--- TASK GOAL ---
Filter the data for "TokenList" and copy matching lines.

--- DATASET EXTRACT Enclosed Below ---

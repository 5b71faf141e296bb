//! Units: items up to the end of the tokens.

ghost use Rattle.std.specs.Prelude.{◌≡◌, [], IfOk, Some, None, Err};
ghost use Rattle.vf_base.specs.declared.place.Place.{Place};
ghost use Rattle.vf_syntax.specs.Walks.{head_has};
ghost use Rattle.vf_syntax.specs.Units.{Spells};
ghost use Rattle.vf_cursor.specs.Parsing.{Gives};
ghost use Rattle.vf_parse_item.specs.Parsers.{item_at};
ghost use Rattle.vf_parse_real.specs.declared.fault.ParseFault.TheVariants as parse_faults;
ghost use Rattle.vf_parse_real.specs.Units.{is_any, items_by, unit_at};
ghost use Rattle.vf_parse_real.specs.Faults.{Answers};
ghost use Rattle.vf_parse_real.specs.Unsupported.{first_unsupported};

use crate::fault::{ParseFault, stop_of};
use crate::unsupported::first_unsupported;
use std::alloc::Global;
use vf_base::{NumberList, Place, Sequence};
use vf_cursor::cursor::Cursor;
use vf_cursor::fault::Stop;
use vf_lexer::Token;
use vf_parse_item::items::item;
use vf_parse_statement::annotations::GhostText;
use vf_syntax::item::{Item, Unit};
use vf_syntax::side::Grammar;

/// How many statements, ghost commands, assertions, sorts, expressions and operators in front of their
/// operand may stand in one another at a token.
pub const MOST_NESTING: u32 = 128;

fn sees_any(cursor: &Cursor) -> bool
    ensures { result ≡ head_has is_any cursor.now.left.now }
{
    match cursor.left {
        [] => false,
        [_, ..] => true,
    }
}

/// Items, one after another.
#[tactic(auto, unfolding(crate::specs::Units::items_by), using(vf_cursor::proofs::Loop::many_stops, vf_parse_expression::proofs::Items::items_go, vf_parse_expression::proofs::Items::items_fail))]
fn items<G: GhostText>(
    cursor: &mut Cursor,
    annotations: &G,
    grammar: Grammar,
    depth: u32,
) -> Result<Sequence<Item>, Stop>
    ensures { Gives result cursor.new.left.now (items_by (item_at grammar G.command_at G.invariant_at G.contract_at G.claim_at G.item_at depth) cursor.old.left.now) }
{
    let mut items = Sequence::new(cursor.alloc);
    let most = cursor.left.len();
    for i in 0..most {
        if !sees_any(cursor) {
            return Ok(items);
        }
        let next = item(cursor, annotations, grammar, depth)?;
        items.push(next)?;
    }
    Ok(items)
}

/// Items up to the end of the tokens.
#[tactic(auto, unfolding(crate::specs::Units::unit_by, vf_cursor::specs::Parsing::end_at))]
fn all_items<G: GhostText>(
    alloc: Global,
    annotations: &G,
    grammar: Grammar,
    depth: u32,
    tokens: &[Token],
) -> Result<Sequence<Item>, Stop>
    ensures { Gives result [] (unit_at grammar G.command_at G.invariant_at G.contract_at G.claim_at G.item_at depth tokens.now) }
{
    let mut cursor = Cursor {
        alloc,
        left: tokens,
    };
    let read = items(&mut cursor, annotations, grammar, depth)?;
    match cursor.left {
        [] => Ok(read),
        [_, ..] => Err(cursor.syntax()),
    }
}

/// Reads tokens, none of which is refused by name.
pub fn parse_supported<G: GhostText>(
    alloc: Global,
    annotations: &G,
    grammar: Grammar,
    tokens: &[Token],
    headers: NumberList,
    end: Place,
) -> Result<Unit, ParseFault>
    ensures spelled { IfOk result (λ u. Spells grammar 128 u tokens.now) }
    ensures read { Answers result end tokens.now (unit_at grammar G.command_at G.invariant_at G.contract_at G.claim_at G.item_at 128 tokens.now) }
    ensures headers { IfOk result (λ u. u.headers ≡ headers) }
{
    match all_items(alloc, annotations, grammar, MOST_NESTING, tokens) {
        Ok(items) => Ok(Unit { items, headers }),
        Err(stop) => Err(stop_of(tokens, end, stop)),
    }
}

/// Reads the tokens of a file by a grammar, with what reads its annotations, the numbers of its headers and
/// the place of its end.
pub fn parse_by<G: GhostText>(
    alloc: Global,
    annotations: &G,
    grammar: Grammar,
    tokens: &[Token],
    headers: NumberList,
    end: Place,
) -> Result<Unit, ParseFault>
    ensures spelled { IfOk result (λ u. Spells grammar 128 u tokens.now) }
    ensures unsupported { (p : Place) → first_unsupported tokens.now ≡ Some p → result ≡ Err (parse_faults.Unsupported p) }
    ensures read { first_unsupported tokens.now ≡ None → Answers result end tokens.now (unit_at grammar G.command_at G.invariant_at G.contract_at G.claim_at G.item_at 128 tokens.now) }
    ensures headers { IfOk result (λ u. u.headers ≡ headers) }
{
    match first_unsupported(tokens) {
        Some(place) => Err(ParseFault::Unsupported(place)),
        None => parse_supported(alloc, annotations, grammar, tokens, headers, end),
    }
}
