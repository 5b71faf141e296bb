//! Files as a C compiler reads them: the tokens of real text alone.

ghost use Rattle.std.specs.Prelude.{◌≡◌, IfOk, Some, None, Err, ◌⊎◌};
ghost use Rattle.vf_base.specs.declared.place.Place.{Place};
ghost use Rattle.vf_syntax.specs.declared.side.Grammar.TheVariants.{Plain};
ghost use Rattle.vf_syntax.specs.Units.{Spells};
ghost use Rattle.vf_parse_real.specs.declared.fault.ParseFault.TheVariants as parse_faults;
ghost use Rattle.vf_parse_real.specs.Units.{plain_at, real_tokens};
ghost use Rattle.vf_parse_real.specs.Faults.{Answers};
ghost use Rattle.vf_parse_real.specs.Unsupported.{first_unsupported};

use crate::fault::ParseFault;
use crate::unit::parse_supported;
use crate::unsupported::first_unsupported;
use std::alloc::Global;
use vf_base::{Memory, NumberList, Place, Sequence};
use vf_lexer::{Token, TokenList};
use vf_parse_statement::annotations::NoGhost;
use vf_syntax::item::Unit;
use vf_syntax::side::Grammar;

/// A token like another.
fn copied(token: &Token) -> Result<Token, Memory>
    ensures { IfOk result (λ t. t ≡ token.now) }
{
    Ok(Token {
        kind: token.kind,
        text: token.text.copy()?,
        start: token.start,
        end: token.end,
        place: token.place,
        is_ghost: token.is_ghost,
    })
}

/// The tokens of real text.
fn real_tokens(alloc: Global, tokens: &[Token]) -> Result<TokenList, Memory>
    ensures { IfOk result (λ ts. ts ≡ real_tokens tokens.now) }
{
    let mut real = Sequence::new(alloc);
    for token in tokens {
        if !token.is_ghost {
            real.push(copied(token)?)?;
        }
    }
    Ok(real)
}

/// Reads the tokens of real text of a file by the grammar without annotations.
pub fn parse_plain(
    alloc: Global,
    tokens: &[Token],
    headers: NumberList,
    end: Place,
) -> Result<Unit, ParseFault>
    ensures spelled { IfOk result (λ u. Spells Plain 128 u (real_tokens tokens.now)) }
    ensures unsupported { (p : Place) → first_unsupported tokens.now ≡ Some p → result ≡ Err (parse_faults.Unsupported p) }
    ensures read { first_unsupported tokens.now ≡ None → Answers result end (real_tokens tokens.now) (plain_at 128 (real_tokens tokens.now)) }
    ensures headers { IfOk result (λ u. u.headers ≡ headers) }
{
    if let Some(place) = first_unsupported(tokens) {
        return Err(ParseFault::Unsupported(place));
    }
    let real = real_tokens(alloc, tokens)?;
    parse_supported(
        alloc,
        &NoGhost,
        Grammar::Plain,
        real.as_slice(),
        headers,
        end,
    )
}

--- End of Enclosed DATASET EXTRACT ---
--- DATASET EXTRACT Enclosed Below ---

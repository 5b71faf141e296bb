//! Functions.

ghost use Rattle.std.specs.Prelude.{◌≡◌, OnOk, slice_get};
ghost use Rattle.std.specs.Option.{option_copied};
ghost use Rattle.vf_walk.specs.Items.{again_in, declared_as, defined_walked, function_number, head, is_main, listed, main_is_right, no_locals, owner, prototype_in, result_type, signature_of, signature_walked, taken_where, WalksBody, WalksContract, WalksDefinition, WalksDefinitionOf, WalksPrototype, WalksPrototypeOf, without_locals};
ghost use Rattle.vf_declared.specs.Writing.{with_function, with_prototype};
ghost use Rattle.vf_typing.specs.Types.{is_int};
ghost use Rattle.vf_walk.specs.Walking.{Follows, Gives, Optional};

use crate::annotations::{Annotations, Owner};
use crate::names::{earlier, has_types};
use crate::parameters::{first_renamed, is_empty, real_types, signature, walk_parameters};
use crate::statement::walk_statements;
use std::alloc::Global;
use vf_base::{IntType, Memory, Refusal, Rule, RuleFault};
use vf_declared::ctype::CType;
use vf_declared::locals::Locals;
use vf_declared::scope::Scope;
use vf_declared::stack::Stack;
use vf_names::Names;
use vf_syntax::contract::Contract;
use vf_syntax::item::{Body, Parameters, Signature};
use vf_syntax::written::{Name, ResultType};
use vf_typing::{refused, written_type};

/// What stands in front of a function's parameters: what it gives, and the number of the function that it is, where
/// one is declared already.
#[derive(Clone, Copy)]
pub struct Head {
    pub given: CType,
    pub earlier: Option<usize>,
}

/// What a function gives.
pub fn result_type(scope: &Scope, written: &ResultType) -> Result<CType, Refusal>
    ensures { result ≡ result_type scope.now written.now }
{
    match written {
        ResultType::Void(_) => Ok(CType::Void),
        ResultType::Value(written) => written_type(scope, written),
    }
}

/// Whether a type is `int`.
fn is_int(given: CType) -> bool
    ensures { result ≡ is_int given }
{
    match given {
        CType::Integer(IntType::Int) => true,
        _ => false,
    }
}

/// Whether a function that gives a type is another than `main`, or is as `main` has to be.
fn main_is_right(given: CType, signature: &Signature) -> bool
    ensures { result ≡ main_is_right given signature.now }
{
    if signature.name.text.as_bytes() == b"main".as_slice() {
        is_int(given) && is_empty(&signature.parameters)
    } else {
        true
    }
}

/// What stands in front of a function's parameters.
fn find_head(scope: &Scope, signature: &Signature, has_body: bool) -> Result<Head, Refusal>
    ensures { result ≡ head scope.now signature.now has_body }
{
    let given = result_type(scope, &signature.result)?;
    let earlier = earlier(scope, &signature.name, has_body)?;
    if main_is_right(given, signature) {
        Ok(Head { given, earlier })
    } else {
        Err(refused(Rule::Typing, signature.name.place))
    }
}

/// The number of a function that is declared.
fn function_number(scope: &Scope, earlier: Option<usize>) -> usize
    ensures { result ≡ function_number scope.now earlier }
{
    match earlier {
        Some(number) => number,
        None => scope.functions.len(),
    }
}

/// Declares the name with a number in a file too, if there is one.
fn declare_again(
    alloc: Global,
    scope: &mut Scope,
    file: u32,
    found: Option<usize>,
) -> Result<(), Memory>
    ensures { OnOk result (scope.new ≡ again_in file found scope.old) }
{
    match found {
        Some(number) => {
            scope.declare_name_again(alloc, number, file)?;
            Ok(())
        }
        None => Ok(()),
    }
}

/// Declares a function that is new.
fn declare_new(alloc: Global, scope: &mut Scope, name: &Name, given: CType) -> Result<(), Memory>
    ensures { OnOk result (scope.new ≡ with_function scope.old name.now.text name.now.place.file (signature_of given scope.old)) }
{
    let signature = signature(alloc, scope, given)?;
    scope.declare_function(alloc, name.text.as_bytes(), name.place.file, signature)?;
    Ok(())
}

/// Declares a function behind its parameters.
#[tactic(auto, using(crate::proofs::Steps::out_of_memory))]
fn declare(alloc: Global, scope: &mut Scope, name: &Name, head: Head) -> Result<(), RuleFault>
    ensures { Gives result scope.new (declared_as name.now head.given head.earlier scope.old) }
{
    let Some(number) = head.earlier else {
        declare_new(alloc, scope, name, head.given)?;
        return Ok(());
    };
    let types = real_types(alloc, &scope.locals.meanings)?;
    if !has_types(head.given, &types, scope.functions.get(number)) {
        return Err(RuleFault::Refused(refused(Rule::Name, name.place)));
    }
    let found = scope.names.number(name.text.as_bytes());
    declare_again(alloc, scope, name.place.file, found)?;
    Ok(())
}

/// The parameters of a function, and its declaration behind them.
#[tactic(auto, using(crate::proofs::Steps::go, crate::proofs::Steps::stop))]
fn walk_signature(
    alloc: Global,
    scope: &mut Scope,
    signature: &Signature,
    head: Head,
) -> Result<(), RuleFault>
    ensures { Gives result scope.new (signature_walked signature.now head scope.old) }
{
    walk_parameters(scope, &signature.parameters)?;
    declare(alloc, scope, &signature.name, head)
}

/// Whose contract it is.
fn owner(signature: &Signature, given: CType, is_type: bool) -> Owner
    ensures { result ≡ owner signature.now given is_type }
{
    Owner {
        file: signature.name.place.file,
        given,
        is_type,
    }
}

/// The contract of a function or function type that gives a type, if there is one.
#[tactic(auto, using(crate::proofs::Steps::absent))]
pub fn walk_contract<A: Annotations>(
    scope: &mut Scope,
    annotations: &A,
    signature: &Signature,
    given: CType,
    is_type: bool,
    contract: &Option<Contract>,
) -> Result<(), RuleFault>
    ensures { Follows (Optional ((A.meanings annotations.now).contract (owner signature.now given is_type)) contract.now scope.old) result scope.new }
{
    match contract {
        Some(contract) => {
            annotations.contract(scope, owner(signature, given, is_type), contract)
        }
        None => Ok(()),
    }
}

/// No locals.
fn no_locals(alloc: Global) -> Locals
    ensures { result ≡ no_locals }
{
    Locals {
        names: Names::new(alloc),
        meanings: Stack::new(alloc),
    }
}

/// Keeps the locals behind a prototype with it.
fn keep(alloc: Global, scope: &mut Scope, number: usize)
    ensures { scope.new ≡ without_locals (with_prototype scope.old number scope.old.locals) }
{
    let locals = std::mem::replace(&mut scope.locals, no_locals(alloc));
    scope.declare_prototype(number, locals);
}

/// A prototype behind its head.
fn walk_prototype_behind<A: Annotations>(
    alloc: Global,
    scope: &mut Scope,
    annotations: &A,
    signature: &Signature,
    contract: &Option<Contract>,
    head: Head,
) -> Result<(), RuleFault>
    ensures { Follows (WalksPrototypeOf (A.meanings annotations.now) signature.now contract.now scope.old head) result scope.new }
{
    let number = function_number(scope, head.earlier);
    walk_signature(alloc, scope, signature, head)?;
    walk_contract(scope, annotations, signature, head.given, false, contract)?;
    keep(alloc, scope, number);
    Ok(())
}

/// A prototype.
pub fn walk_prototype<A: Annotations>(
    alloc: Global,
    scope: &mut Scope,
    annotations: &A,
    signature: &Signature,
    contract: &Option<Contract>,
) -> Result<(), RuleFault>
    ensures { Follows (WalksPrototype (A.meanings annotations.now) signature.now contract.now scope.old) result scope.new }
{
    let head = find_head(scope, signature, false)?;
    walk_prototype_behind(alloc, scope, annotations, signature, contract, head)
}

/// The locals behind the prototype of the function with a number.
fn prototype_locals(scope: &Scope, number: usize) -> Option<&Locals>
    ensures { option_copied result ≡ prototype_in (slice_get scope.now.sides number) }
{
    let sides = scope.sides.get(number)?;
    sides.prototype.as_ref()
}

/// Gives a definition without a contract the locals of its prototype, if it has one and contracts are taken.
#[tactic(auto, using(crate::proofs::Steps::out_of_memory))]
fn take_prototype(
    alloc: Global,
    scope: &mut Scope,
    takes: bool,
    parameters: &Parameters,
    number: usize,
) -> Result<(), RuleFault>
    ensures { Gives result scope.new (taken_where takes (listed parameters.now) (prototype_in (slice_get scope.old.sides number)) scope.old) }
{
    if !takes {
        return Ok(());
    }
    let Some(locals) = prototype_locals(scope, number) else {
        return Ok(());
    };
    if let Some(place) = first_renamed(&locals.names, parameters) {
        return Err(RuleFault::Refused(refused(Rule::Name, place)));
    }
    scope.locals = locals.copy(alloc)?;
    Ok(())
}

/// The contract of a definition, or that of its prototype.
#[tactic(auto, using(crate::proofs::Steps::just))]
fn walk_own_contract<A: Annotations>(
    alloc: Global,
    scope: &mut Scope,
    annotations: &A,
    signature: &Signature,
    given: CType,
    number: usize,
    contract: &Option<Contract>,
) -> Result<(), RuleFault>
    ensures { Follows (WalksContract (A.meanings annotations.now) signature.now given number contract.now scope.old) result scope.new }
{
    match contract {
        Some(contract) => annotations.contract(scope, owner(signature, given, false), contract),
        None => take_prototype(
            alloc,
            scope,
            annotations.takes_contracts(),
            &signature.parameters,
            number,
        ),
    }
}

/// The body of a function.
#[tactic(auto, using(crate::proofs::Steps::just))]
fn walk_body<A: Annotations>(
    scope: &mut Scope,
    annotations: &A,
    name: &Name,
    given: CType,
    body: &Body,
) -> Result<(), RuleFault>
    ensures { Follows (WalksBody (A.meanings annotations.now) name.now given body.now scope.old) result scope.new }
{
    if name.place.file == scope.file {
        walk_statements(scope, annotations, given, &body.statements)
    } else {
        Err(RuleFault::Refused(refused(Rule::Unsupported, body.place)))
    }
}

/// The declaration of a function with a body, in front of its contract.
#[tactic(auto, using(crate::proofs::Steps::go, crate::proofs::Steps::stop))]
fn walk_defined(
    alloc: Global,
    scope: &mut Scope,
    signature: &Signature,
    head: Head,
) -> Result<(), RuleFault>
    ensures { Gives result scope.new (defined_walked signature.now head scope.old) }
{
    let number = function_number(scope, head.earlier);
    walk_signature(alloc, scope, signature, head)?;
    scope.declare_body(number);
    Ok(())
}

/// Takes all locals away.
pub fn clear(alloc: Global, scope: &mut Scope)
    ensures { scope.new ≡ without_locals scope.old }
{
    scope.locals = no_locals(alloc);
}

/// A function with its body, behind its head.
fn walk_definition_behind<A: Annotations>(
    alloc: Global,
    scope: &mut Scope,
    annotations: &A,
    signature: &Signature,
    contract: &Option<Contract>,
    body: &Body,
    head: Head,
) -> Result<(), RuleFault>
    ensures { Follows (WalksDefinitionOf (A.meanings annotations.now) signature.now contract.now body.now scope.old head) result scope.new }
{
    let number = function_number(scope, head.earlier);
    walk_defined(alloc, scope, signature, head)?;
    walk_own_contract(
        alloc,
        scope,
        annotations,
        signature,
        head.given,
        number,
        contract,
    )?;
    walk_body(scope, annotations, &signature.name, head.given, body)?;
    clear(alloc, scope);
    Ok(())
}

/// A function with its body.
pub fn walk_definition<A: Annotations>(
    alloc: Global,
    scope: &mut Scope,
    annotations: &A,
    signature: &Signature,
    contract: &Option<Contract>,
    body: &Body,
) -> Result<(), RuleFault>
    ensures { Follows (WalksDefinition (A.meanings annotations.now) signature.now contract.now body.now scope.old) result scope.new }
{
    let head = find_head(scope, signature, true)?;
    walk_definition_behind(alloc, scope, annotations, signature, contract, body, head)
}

--- End of Enclosed DATASET EXTRACT ---
--- DATASET EXTRACT Enclosed Below ---

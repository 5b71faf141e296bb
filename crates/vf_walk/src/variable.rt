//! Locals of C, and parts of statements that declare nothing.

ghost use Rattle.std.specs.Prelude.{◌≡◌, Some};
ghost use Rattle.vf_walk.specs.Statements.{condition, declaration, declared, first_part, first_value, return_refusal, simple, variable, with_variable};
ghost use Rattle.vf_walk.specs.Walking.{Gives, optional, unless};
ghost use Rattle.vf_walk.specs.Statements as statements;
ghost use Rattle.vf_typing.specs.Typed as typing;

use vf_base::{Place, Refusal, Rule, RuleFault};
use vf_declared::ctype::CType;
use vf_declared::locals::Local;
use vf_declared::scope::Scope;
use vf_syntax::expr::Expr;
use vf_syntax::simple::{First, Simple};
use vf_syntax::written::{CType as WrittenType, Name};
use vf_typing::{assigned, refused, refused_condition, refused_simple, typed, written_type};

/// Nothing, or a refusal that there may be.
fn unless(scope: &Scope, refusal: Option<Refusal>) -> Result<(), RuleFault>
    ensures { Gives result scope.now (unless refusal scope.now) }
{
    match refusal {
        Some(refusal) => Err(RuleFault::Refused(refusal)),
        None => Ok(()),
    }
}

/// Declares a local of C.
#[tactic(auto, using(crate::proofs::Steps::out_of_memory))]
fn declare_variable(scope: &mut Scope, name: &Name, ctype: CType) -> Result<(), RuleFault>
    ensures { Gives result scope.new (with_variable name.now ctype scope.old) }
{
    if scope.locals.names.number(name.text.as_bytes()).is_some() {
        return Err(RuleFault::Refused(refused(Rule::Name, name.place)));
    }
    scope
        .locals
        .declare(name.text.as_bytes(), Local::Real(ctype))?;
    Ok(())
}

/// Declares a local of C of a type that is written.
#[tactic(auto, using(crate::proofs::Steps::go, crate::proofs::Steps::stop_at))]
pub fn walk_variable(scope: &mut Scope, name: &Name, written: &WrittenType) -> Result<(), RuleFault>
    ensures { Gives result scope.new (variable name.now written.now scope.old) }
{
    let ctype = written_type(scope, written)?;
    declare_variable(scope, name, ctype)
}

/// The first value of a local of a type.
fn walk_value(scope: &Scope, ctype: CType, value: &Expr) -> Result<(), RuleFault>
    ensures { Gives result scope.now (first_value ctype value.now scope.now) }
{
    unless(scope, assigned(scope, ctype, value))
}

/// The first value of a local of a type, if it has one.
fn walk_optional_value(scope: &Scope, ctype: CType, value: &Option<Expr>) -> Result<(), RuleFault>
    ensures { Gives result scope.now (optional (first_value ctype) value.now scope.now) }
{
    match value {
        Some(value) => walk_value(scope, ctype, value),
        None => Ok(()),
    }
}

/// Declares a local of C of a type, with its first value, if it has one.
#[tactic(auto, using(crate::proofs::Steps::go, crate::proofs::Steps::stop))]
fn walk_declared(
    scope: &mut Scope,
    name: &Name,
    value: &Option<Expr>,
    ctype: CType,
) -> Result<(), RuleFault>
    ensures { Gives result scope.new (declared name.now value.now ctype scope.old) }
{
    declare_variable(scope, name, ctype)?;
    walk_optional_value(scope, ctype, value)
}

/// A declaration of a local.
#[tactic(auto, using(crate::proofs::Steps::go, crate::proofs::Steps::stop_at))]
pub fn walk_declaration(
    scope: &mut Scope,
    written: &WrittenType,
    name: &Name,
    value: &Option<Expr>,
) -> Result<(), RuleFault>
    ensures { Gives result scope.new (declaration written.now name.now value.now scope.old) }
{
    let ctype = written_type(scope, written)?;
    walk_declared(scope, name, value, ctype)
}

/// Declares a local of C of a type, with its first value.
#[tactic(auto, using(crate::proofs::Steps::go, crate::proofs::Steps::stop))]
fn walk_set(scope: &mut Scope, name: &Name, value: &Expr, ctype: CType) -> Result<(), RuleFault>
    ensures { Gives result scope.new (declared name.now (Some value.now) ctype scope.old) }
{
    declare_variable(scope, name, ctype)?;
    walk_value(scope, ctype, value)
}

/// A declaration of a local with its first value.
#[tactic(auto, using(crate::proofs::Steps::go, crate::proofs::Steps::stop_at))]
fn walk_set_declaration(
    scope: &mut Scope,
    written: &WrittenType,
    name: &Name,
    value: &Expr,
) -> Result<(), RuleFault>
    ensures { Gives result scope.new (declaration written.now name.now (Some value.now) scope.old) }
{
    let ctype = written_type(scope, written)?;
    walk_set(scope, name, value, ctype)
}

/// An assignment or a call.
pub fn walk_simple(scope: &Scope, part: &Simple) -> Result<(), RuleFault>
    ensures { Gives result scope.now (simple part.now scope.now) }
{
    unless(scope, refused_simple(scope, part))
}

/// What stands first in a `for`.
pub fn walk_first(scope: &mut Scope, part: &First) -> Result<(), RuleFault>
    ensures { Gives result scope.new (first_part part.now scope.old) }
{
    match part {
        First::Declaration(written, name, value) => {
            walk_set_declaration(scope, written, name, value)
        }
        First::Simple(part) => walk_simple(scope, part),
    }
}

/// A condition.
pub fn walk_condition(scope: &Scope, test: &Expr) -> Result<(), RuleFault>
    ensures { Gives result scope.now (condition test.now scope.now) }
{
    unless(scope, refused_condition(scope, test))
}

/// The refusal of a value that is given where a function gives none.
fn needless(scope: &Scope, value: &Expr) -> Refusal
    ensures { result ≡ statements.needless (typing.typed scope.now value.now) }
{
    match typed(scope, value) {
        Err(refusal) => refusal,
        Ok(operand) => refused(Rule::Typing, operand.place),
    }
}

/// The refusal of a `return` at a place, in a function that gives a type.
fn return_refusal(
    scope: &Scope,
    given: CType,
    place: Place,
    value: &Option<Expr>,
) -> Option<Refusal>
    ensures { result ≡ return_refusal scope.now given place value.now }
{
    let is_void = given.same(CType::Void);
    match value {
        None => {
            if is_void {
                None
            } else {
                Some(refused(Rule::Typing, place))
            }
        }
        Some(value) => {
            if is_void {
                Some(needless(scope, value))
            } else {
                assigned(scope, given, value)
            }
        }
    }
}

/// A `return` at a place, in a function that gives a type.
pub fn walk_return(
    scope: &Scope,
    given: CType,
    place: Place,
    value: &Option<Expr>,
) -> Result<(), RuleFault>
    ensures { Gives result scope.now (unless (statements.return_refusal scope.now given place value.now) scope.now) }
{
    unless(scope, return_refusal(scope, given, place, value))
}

--- End of Enclosed DATASET EXTRACT ---

--- ANSWER TO THE EXERCISE ---
use vf_lexer::{Token, TokenList};
fn real_tokens(alloc: Global, tokens: &[Token]) -> Result<TokenList, Memory>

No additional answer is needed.